State poet laureate credits her civil engineering background

Catching up with Kathleen Flenniken, ’88, a civil engineer turned poet. Recently she was appointed Washington State Poet Laureate for 2012–2014.

Kathleen Flenniken, the state’s second-ever Poet Laureate, took a winding path to poetry. After earning a master’s degree in civil engineering from the UW in 1988, she went to work as an engineer.

“My engineering education taught me how to learn. You develop the habit of studying and reading and that serves me well as a writer.”

“I didn’t always have a passion for poetry.” As an adult, Flenniken read part of a Walt Whitman poem in the liner notes of a music album and tracked down the original.

“There was something empowering about deciding what to read and what I liked and didn’t like. Find the voices and poets that speak to you.”

Improvisational jazz and handwriting analysis were two of the night classes she took after her children were born. But poetry, her third class, was the most comfortable fit.

“It was a ‘Where have you been all my life?’ feeling.” In 2007, she earned a Master of Fine Arts degree in creative writing.

Her childhood had a Norman Rockwell sheen in the shadow of Hanford. She grew up in Richland, where her father worked at the Hanford site that processed plutonium for nuclear weapons. “I rode my bike to school, came home for lunch, and my parents had a cow bell they rang when it was time to come home. Nobody talked about the work or what our fathers did.”

“It felt like learning a secret handshake.” Flenniken worked as an engineer at Hanford, which is now one of the nation’s most contaminated nuclear sites. “I lived next to it my entire life, but never went to the site because it was off-limits. It was interesting to finally be welcomed into that universe.”

“Who am I as an American? It’s an important question for me.” Flenniken’s second book of poetry, Plume, focuses on her Hanford experiences, the consequences of the radiation contamination and the government’s complicity.

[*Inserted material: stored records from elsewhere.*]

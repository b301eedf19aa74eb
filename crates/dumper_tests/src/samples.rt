//! Units, slots and disks, written down by hand.

ghost use Rattle.std.specs.Prelude.{◌≡◌, IfSome};

use crate::untold_disk::UntoldDisk;
use cdc_base::{Blob, Memory};
use cdc_dumper::look;
use cdc_memory::MemDisk;
use cdc_model::{Layout, Unit};
use cdc_outside::{DiskFile, Failed, write_through};
use cdc_samples::transactions::shared;
use std::alloc::Global;
use std::test::Fail;

/// The file of one transaction: its head and the print of the first one, 241 bytes.
pub const FIRST_FILE: [u8; 241] =
    *b"\xfebin\0\0\0\0\x0f\x01\0\0\0\x77\0\0\0\x7b\0\0\0\0\0\x04\x005.7.0-cdc\
\0\0\0\0\0\0\0\0\0\0\0\0\0\0\0\0\0\0\0\0\0\0\0\0\0\0\0\0\0\0\0\0\0\0\0\0\0\0\0\0\0\0\0\0\0\
\x13\x38\x0d\0\x08\0\x12\0\x04\x04\x04\x04\x12\0\0\x5f\0\x04\x1a\x08\0\0\0\x08\x08\x08\x02\0\0\0\x0a\x0a\x0a\x2a\x2a\0\x12\x34\0\0\0\0\0\0\
\x05\0\0\0\x02\x01\0\0\0\x26\0\0\0\xa1\0\0\0\0\0\0\0\0\0\0\0\0\0\0\0\0\0\0\0BEGIN\
\x05\0\0\0\x1d\x01\0\0\0\x35\0\0\0\xd6\0\0\0\0\0\x21CTS::0000000000000000010::0::6731\
\x05\0\0\0\x10\x01\0\0\0\x1b\0\0\0\xf1\0\0\0\0\0\x01\0\0\0\0\0\0\0";

/// The print of the second transaction, 118 bytes.
pub const SECOND_PRINT: [u8; 118] =
    *b"\x05\0\0\0\x02\x01\0\0\0\x26\0\0\0\x17\x01\0\0\0\0\0\0\0\0\0\0\0\0\0\0\0\0\0\0BEGIN\
\x05\0\0\0\x1d\x01\0\0\0\x35\0\0\0\x4c\x01\0\0\0\0\x21CTS::0000000000000000020::0::6732\
\x05\0\0\0\x10\x01\0\0\0\x1b\0\0\0\x67\x01\0\0\0\0\x02\0\0\0\0\0\0\0";

/// The slot of a Front of the first version: gate, number 1, length 26, then version 1, count 1, file 1 of 241 bytes,
/// open.
pub const VERSION_ONE: [u8; 43] = *b"\x01\x01\0\0\0\0\0\0\0\x1a\0\0\0\0\0\0\0\
\x01\x01\0\0\0\0\0\0\0\x01\0\0\0\0\0\0\0\xf1\0\0\0\0\0\0\0\0";

/// The slot of a Front of the second version: number 1, length 54, then version 2, count 1, file 1 of 241 bytes, open,
/// first file 1, none passed, the key 10 `g1`.
pub const FIRST: [u8; 71] = *b"\x01\x01\0\0\0\0\0\0\0\x36\0\0\0\0\0\0\0\
\x02\x01\0\0\0\0\0\0\0\x01\0\0\0\0\0\0\0\xf1\0\0\0\0\0\0\0\0\x01\0\0\0\0\0\0\0\0\0\0\0\0\0\0\0\
\x0a\0\0\0\0\0\0\0\0\x02g1";

/// The one behind it: number 2, count 2, file 1 of 359 bytes, the key 20 `g2`.
pub const SECOND: [u8; 71] = *b"\x01\x02\0\0\0\0\0\0\0\x36\0\0\0\0\0\0\0\
\x02\x02\0\0\0\0\0\0\0\x01\0\0\0\0\0\0\0\x67\x01\0\0\0\0\0\0\0\x01\0\0\0\0\0\0\0\0\0\0\0\0\0\0\0\
\x14\0\0\0\0\0\0\0\0\x02g2";

/// An empty disk with room for so many log files of so many bytes, and for so many changes.
pub fn empty_disk(
    alloc: Global,
    logs: u64,
    room: usize,
    changes: usize,
) -> Result<UntoldDisk, Memory> {
    Ok(UntoldDisk {
        disk: MemDisk::new(alloc, logs, room, changes, &[])?,
    })
}

/// What a crash leaves of a disk.
pub fn after_crash(alloc: Global, disk: &UntoldDisk, pick: u8) -> Result<UntoldDisk, Memory> {
    Ok(UntoldDisk {
        disk: disk.disk.after_crash(alloc, pick)?,
    })
}

/// Puts these bytes at the beginning of a file, and makes them durable.
pub fn put(disk: &mut UntoldDisk, file: DiskFile, bytes: &[u8]) -> Result<(), Failed> {
    write_through(disk, file, 0, bytes)
}

/// How many transactions an output has, by a look.
pub fn looked_at(disk: &mut UntoldDisk) -> Result<u64, Fail> {
    match look(disk) {
        Ok(front) => Ok(front.count),
        Err(fault) => Err(Fail::from(fault)),
    }
}

/// The unit of a number behind a layout, with the key 10 `g1` for the first, 20 `g2` for the second and so on: its bytes
/// go into the open file, or into the next where none is open. None where they can't.
pub fn unit_behind(number: u64, before: &Layout, bytes: Blob, closed: bool) -> Option<Unit>
    ensures number { IfSome result (λ unit. unit.number ≡ number) }
    ensures before { IfSome result (λ unit. unit.before ≡ before.now) }
{
    let step = number.min(100);
    let key = shared(10 * step, &[b'g', b'0' + step as u8])?;
    let begins = before.begins_file();
    if begins && bytes.len() < 123 {
        return None;
    }
    let file = if begins {
        before.file.checked_add(1)?
    } else {
        before.file
    };
    let at = if begins { 0 } else { before.length };
    let length = at.checked_add(bytes.len() as u64)?;
    Some(Unit {
        number,
        key,
        before: *before,
        after: Layout {
            file,
            length,
            closed,
        },
        bytes,
    })
}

“For me, the moral of the story is that secrets are bad for a democracy and the enemy of good science.”

“I remember stirring a pot on the stove with a baby on one hip and a piece of paper beside me as I jotted down poem ideas. When I started, I could write anywhere. I just had the bug.”

“Poet Laureate is a working position.” During her two-year term, Flenniken plans to visit the state’s 39 counties and excite elementary kids about poetry.

“You need somebody out there advocating and creating a new audience for poetry. I want to demonstrate that playing with language can be fun.”

“Poetry is all about humanity. You see what it means to be in someone else’s shoes for a while and that experience can make you a better person. Who doesn’t want that?”